[파이썬] 서브 패턴 그룹의 참조(1, 2, ...)

01 Sep 2023

python

In regular expressions, subpattern groups are used to match and capture specific parts of a string. These groups can be referenced later using backreferences (\1, \2, …).

Let’s take a closer look at how subpattern group references work in Python.

Creating Subpattern Groups

To create a subpattern group, we enclose the desired pattern within parentheses.

For example, let’s say we want to match a word followed by a comma, followed by the same word again. We can create a subpattern group for the word as follows:

import re

pattern = r'(\w+),\1'  # Matches a word, followed by a comma, followed by the same word

Using Subpattern Group References

In the above example, the subpattern group (\w+) captures one or more word characters. We then use \1 to reference the captured part.

When we apply this pattern to a string using the re module, it will find matches where a word is repeated after a comma:

import re

pattern = r'(\w+),\1'

text = "apple,apple banana,banana"

matches = re.findall(pattern, text)
print(matches)  # Output: ['apple', 'banana']

The findall function returns a list of all matches found in the string. In this case, it returns ['apple', 'banana'], which are the words repeated after a comma.

Multiple Subpattern Group References

We can have multiple subpattern groups in a regular expression and use their respective references (\1, \2, …) in the order they were defined.

Let’s modify our previous example to match two words separated by a comma, where the second word is the reverse of the first:

import re

pattern = r'(\w+),(\w+)\1'

text = "hello,olleh world,dlrow"

matches = re.findall(pattern, text)
print(matches)  # Output: [('hello', 'olleh'), ('world', 'dlrow')]

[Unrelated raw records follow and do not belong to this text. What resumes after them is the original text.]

//! Each call that goes outside fails in turn: how a report ends then.
use crate::tests::rows::{A_FILE, REQUIRED, WITHOUT_RULES};
use crate::tests::walks::{COUNTED, TWO};
use worktree_fs::{CallKind, NewNode};

/// A git directory's `HEAD`.
const HEAD: NewNode<'static> = NewNode::File(b"ref: refs/heads/main\n");

/// A file in a directory, one that is ignored, and the rule for it.
pub const IGNORING: &[(&[u8], NewNode<'static>)] = &[
    (b"/w/.gitignore", NewNode::File(b"*.o")),
    (b"/w/d/a", A_FILE),
    (b"/w/k.o", A_FILE),
];

/// A file in a directory beside a repository.
pub const NESTED: &[(&[u8], NewNode<'static>)] = &[
    (b"/w/d/a", A_FILE),
    (b"/w/d/r/.git/HEAD", HEAD),
    (b"/w/d/r/.git/objects", NewNode::Directory),
    (b"/w/d/r/.git/refs", NewNode::Directory),
];

/// What fails in a run of the program, or stops it.
#[derive(Clone, Copy, Debug)]
pub enum Failing {
    /// Nothing.
    Nothing,
    /// This call of the worktree, counted from 1.
    Call(CallKind, u64),
    /// Each write to the sink of a report.
    Out,
    /// Each write to the sink of messages, where no words are handed in.
    Err,
    /// The interrupt, which is raised from this question on.
    Interrupt(u64),
}

/// How a run ends: with a status, with a text on the one sink or the other, and with so many
/// failures of the worktree.
pub type Ending = (u8, &'static [u8], u64);

/// What a report of [`IGNORING`] has where nothing fails.
const BOTH: &[u8] = b"untracked file - always - -\t.gitignore\nuntracked file - always - -\td/a\n";

const THE_FIRST: &[u8] = b"untracked file - always - -\t.gitignore\n";

const THE_SECOND: &[u8] = b"untracked file - always - -\td/a\n";

/// Subtrees are walked at once.
pub const AT_ONCE: &[u8] = b"option strategy at_once\noption recurse_repositories yes\n";

/// With [`IGNORING`]: how a run ends over the worktree itself, and where subtrees are walked at
/// once. A job asks a fork of the worktree and of the interrupt, which in memory plans no failure
/// and counts its own questions.
pub static EACH_IN_TURN: [(Failing, Ending, Ending); 17] = [
    (
        Failing::Call(CallKind::Kind, 1),
        (4, b"walk: root-is-file /w\n", 1),
        (4, b"walk: root-is-file /w\n", 1),
    ),
    (
        Failing::Call(CallKind::Kind, 2),
        (0, THE_SECOND, 1),
        (0, THE_SECOND, 1),
    ),
    (
        Failing::Call(CallKind::Kind, 3),
        (0, THE_FIRST, 1),
        (0, THE_FIRST, 1),
    ),
    (
        Failing::Call(CallKind::Kind, 4),
        (0, THE_FIRST, 1),
        (0, BOTH, 1),
    ),
    (Failing::Call(CallKind::Kind, 5), (0, BOTH, 1), (0, BOTH, 0)),
    (
        Failing::Call(CallKind::ListOpen, 1),
        (6, b"worktree fault\n", 1),
        (6, b"worktree fault\n", 1),
    ),
    (
        Failing::Call(CallKind::ListOpen, 2),
        (6, b"worktree fault\n", 1),
        (0, BOTH, 0),
    ),
    (
        Failing::Call(CallKind::ListEntry, 1),
        (6, b"worktree fault\n", 1),
        (6, b"worktree fault\n", 1),
    ),
    (
        Failing::Call(CallKind::ListEntry, 2),
        (6, b"worktree fault\n", 1),
        (0, BOTH, 0),
    ),
    (
        Failing::Call(CallKind::Read, 1),
        (6, b"worktree fault\n", 1),
        (6, b"worktree fault\n", 1),
    ),
    (
        Failing::Call(CallKind::Read, 2),
        (6, b"worktree fault\n", 1),
        (6, b"worktree fault\n", 1),
    ),
    (
        Failing::Call(CallKind::Read, 3),
        (6, b"worktree fault\n", 1),
        (0, BOTH, 0),
    ),
    (
        Failing::Out,
        (7, b"output fault\n", 0),
        (7, b"output fault\n", 0),
    ),
    (Failing::Err, (2, b"", 0), (2, b"", 0)),
    (
        Failing::Interrupt(1),
        (1, b"interrupted\n", 0),
        (1, b"interrupted\n", 0),
    ),
    (
        Failing::Interrupt(2),
        (1, b"interrupted\n", 0),
        (0, BOTH, 0),
    ),
    (Failing::Interrupt(3), (0, BOTH, 0), (0, BOTH, 0)),
];

/// A worktree with its setup, what fails, and how a run ends.
pub type Case = (
    &'static [(&'static [u8], NewNode<'static>)],
    &'static [u8],
    Failing,
    Ending,
);

/// One file.
const ONE: &[(&[u8], NewNode<'static>)] = &[(b"/w/a", A_FILE)];

pub static CASES: [Case; 6] = [
    (
        TWO,
        COUNTED,
        Failing::Call(CallKind::ListOpen, 2),
        (6, b"worktree fault\n", 1),
    ),
    (TWO, COUNTED, Failing::Out, (7, b"output fault\n", 0)),
    (
        TWO,
        COUNTED,
        Failing::Interrupt(2),
        (1, b"interrupted\n", 0),
    ),
    (ONE, REQUIRED, Failing::Call(CallKind::Kind, 2), (0, b"", 1)),
    (
        ONE,
        WITHOUT_RULES,
        Failing::Call(CallKind::Read, 1),
        (6, b"worktree fault\n", 1),
    ),
    (
        ONE,
        WITHOUT_RULES,
        Failing::Call(CallKind::ListOpen, 1),
        (6, b"worktree fault\n", 1),
    ),
];

/// Untracked directories are told in place of what lies in them.
pub const COLLAPSE: &[u8] = b"option emit_untracked collapse\n";

/// The same where subtrees are walked at once.
pub const COLLAPSE_AT_ONCE: &[u8] = b"option emit_untracked collapse\noption strategy at_once\n";

/// What a report of [`NESTED`] has where nothing fails.
const FOUND: &[u8] = b"untracked file - always - -\td/a\nuntracked repository - always - -\td/r\n";

/// With [`NESTED`], over the worktree itself and where subtrees are walked at once. Where `refs` or
/// `HEAD` cannot be looked at there is no repository, and a directory in which every path is pruned
/// keeps the one above it from being folded; where the real path of what `.git` leads to is not
/// known, it is another repository than the worktree's own. A job meets no failure.
pub static EACH_LOOK: [(Failing, Ending, Ending); 3] = [
    (
        Failing::Call(CallKind::KindFollowing, 3),
        (0, THE_SECOND, 1),
        (0, FOUND, 0),
    ),
    (
        Failing::Call(CallKind::Read, 4),
        (0, THE_SECOND, 1),
        (0, FOUND, 0),
    ),
    (
        Failing::Call(CallKind::RealPath, 1),
        (0, FOUND, 1),
        (0, FOUND, 0),
    ),
];

/// Two configurations, the first with a section that is not closed.
pub const MISREAD_FIRST: &[(&[u8], NewNode<'static>)] = &[
    (b"/c", NewNode::File(b"[x")),
    (b"/e", NewNode::File(b"")),
];

/// They are read for submodules.
pub const CONFIGURED: &[u8] = b"option submodules yes\nconfig local /c\nconfig local /e\n";

/// With [`MISREAD_FIRST`]: no file is read behind the one that is refused.
pub static IN_ORDER: [(Failing, Ending); 3] = [
    (
        Failing::Call(CallKind::Read, 1),
        (6, b"worktree fault\n", 1),
    ),
    (
        Failing::Call(CallKind::Read, 2),
        (6, b"worktree fault\n", 1),
    ),
    (
        Failing::Call(CallKind::Read, 3),
        (5, b"config 1: line 1\n", 0),
    ),
];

Here, we have two subpattern groups: (\w+) and (\w+). The second group is followed by \1, which references the first group. This will only match if the second word is the reverse of the first, resulting in ['hello', 'olleh'] and ['world', 'dlrow'] as the output.

Conclusion

Subpattern group references (\1, \2, …) in Python regular expressions allow us to capture and reuse specific parts of a string. They provide a powerful way to match patterns that involve repetition or a specific relationship between different parts of the string.